_Problem requirements_
Across the entries below, how many lines include the word "bits"? Reply with only the number.

(Stored data entries)
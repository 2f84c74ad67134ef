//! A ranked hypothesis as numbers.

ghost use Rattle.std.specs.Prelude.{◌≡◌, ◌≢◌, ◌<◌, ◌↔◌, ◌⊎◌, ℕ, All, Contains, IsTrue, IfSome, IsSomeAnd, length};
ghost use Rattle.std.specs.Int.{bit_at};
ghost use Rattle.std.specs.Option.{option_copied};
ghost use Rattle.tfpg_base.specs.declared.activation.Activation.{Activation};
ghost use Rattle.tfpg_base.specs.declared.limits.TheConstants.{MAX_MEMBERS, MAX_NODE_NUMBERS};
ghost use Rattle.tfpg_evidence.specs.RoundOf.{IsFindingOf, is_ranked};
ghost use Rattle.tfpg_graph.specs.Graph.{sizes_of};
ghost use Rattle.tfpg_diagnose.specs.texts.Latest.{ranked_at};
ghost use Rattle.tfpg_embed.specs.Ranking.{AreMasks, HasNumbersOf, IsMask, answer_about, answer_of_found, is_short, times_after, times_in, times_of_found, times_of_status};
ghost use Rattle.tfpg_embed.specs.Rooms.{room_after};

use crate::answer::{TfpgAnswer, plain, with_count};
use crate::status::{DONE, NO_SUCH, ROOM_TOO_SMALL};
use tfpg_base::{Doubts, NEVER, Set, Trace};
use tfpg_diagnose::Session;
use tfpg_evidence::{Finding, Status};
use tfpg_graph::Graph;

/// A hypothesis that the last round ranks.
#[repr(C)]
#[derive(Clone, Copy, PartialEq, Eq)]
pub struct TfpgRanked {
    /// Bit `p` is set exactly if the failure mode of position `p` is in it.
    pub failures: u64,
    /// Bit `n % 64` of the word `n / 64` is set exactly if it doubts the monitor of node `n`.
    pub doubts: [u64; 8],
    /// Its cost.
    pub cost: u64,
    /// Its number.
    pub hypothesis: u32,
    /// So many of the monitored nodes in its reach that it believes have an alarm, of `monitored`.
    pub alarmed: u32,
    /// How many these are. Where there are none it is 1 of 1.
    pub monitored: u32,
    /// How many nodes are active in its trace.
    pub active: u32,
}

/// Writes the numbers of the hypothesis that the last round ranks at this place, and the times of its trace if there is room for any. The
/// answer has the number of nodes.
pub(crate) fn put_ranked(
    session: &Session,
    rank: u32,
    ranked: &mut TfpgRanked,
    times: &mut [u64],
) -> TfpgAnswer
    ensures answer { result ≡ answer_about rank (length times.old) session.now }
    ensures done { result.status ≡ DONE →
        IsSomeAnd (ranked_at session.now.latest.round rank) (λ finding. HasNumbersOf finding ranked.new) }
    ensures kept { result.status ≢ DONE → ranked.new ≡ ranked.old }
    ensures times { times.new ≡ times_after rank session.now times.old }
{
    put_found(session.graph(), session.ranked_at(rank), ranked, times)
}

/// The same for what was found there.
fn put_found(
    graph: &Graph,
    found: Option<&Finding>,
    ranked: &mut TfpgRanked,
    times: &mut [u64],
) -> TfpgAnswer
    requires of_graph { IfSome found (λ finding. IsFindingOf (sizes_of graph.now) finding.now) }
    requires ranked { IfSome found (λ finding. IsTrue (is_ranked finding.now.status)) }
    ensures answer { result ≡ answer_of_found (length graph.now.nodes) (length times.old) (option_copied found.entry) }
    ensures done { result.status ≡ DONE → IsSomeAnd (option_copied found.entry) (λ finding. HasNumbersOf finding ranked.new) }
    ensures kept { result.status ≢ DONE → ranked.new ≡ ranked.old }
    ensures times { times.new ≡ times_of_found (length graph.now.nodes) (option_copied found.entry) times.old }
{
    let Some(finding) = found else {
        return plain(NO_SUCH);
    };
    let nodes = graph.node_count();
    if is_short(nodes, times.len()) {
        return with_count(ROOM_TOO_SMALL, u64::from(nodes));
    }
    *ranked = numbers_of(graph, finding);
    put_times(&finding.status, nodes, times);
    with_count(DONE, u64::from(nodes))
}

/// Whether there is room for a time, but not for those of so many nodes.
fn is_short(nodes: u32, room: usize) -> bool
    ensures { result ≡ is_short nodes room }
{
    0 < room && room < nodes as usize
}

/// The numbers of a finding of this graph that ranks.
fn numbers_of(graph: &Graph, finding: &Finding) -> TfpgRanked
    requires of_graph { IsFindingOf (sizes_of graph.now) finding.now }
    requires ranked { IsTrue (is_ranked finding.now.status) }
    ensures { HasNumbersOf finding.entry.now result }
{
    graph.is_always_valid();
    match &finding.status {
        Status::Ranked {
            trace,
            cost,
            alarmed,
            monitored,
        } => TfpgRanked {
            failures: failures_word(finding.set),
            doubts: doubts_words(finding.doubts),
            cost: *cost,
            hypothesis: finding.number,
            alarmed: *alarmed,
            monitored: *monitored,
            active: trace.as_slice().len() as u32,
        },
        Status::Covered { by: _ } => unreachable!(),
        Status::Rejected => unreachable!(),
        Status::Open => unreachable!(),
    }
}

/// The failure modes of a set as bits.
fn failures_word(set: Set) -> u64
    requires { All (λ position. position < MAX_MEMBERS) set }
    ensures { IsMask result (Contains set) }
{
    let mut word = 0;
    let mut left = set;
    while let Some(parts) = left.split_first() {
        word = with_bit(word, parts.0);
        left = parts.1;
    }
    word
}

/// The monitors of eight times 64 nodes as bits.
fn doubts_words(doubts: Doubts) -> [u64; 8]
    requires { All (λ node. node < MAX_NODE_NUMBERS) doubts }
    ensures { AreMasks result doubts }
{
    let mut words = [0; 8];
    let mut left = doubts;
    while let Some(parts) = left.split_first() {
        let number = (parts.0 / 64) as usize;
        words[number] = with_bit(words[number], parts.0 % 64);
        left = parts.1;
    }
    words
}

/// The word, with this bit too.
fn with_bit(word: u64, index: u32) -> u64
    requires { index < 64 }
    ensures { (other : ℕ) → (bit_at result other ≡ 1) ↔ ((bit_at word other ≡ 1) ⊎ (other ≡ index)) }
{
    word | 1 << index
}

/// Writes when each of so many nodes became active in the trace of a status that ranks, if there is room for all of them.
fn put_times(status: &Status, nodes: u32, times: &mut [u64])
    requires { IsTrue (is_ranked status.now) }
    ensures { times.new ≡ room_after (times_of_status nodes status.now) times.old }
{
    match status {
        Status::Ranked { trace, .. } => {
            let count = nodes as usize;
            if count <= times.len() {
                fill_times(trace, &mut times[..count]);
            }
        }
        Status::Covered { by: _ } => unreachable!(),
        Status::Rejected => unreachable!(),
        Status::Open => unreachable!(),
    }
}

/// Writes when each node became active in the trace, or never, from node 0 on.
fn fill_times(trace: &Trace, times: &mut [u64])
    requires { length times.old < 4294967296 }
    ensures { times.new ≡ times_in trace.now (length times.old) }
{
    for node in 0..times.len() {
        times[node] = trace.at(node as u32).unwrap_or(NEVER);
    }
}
--
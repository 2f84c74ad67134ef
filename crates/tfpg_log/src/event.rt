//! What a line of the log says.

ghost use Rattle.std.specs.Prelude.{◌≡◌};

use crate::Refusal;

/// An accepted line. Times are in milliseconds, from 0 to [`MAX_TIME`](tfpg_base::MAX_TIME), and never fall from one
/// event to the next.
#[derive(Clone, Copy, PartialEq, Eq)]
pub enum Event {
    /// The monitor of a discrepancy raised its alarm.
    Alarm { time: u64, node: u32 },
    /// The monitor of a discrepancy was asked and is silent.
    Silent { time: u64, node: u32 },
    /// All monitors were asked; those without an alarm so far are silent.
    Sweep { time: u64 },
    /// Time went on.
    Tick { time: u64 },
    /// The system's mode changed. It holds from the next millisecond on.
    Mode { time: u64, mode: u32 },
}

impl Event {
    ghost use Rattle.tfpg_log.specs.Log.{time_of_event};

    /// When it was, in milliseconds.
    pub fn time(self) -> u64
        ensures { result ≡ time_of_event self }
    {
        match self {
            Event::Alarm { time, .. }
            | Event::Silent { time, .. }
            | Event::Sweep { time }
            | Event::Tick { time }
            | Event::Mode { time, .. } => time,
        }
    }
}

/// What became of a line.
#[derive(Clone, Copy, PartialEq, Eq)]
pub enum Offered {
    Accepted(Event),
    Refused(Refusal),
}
---
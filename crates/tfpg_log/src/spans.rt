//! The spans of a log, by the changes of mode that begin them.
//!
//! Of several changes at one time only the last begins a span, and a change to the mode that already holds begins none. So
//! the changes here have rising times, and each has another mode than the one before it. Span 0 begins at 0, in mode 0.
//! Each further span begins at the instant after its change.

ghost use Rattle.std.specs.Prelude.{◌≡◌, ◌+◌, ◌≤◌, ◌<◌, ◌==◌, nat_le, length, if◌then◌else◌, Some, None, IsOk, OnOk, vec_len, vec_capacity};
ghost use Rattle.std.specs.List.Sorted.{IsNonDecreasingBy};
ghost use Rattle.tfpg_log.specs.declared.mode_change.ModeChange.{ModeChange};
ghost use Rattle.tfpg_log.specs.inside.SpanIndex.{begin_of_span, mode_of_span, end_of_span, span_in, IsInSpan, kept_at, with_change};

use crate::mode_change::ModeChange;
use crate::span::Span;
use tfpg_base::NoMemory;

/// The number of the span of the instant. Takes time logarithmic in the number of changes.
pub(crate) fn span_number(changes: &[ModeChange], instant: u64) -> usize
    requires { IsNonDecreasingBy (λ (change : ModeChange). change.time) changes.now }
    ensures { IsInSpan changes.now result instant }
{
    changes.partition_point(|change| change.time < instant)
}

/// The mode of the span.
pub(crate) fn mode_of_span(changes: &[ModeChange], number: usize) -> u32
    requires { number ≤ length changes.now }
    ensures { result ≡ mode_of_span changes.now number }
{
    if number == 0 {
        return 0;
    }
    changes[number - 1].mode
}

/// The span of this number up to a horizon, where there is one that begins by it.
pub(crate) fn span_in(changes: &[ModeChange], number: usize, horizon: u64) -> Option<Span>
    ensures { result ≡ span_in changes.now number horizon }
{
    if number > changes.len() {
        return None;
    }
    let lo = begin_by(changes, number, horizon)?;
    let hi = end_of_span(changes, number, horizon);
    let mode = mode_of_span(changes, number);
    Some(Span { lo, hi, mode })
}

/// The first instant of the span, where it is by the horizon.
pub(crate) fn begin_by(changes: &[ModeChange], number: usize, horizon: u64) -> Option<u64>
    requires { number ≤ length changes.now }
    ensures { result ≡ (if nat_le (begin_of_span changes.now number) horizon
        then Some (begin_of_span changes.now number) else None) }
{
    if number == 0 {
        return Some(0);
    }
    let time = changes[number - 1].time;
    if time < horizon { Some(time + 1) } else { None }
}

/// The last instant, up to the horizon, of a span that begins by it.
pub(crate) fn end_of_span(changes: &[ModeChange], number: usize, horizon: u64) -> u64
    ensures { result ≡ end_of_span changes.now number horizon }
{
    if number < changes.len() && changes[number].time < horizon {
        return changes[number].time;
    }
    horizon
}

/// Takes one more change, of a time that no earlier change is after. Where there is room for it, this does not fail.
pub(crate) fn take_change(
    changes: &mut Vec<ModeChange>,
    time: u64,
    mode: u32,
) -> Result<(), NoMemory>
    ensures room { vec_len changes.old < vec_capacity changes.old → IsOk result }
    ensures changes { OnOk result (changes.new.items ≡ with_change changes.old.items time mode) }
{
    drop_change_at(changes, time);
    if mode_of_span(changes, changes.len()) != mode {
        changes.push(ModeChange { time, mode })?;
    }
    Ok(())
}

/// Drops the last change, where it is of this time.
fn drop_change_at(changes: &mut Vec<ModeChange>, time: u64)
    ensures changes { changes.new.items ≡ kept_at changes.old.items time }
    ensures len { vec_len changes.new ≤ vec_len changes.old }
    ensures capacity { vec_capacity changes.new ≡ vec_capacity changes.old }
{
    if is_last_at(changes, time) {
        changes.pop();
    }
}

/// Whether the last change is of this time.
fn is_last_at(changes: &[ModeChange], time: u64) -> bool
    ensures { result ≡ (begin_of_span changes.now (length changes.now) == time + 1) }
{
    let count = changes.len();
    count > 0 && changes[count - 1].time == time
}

_Answer to this task_
2